20日目「旅行」

「やっと着いたー」

 電車を降りると、世界は蝉の音で充満している。心なしかいつもよりもその声が激しく聞こえるのは緑の深い場所に来たという気持ちから来ているのだろうか。

 電車を乗り継ぐこと三時間。

 目の前には「箱根へようこそ」なんて大きな看板が構えられている。

 周囲には観光客と思われる人間しかいない。ホームを見回すとまさに観光地らしく、様々な施設の広告が並んでいる。その延長でふと隣を見てみると、長旅に少々疲れ気味の莉緒が汗を拭っていた。

「大丈夫?」

「はい。こんなに電車に乗ったの、久しぶりだったので、ちょっと疲れちゃいました」

 家を出る頃のウキウキと弾むような顔はもうなく、萎れた花のように芯の無い立ち姿の莉緒は笑う。
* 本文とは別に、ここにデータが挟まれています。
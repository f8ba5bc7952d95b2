//! What no medium that comes back can bring about.

ghost use Rattle.std.specs.Prelude.{◌≡◌, ◌<◌, ℕ, List};
ghost use Rattle.stair_model.specs.Slots.{Slots};
ghost use Rattle.stair_rack.specs.Crash.{CrashMayLeave};
ghost use Rattle.stair_rack.specs.History.{Happening, Write};
ghost use Rattle.stair_rack.specs.Media.{Image};
ghost use Rattle.stair_rack.specs.Moments.{IsMoment};
ghost use Rattle.stair_rack.specs.Stretch.{WasAnswered};
ghost use Rattle.stair_rack.specs.declared.rack.Reply.{Reply};
ghost use Rattle.stair_super.specs.Spelling.{SpellsSuperblock};
ghost use Rattle.stair_super.specs.Superblock.{Superblock, joined_in};
ghost use Rattle.stair_member.specs.Counting.{AllBut};
ghost use Rattle.stair_member.specs.Current.{IsCurrent, IsLive};
ghost use Rattle.stair_member.specs.Epochs.{Issued};
ghost use Rattle.stair_member.specs.Membership.{Membership, why_of};
ghost use Rattle.stair_member.specs.declared.aim.EpochChange.{EpochChange};
ghost use Rattle.stair_member.specs.declared.why.Why.TheVariants.{Here};
ghost use Rattle.stair_state.specs.Holding.{IsConsistentUnderReassembly};
ghost use Rattle.stair_state.specs.Reassembly.{IsBorne, IsReassembly, Location};
ghost use Rattle.stair_state.specs.State.{State};
ghost use Rattle.stair_state.specs.Tolerance.{IsToleratedAlone};
ghost use Rattle.stair_invariant.specs.Returning.{KnowsMedia};
ghost use Rattle.stair_reinsert.specs.Drawn.{WasDrawn};

/// Why a stale medium does no harm. It does nothing.
pub fn stale_laws()
    // Every epoch that was ever written, on a medium in a slot or outside, names one configuration.
    ensures one_configuration { (s : State) (h : List Happening) → IsConsistentUnderReassembly s h →
        (image : Image) → CrashMayLeave h image → (i j : ℕ) (p q : Location) (a b : Superblock) →
        IsBorne s.geometry image i p a → IsBorne s.geometry image j q b →
        a.array.epoch ≡ b.array.epoch → a.array ≡ b.array }
    // Once a superblock of a new epoch was written all slots but m have a draw for it, synced, which was written before it.
    ensures drawn { (aim : EpochChange) (gone : Slots) (m last : Membership) (old h new : List Happening) →
        (issued : Issued aim gone m last old new) → IsMoment old h new →
        (j k : ℕ) (bytes : List ℕ) (answer : Reply) (super : Superblock) →
        WasAnswered j (Write k bytes answer) old h → SpellsSuperblock bytes super →
        m.array.epoch < super.array.epoch →
        AllBut m.array.geometry.n m.array.geometry.m (WasDrawn m super.array.epoch old h) }
    // Between the calls of an open array, however media lie, what is current within tolerance is the member's epoch, which is the
    // newest: so a medium that comes back brings no other epoch.
    ensures newest { (s : State) (m : Membership) (h : List Happening) → KnowsMedia s m h →
        m.array.geometry ≡ s.geometry → (image to : Image) (current : Superblock) →
        CrashMayLeave h image → IsReassembly image to → IsToleratedAlone s.geometry to →
        IsCurrent s.geometry to current → current.array ≡ m.array }
    // And a slot is live with the medium alone that the member means, by a number of its own; so one without which an opening or a
    // fence was done, or that was replaced, isn't live until it is admitted again.
    ensures live { (s : State) (m : Membership) (h : List Happening) → KnowsMedia s m h →
        m.array.geometry ≡ s.geometry → (image to : Image) (current : Superblock) (j : ℕ) →
        CrashMayLeave h image → IsReassembly image to → IsToleratedAlone s.geometry to →
        IsCurrent s.geometry to current → (live : IsLive s.geometry to current j) →
        (why_of m j ≡ Here) × (live.super.joined ≡ joined_in m.array j) }
{}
 温泉街だったら正直どこでもよかった。温泉に入って宿でゴロゴロして、そんな非日常を味わえればよかったから、行き場所は莉緒に任せてしまった。莉緒は熱海と箱根とその他何か所で迷っていたが、探した宿のホームページが気に入ったとかそんな感じの適当な理由でここに来ることになった。

「とりあえず行こっか」

「はい」

 左手首の腕時計が示す時間は午後一時。予定は軽くしか決めていない。

 とりあえず駅前で適当にお昼ご飯を済ませて、どこかへ観光へ。宿のチェックインは五時ごろ。それまで適当に見て回って、って。結局全然予定決まっていないじゃん。

「莉緒、お腹空いた?」

「麻里さんは?」

「微妙」

「私もです」

 ふらふらと駅から出ると辺りには饅頭やらかまぼこやらのお土産が並ぶ店が並ぶ。箱根って何が有名なんだろう。調べておけばよかった。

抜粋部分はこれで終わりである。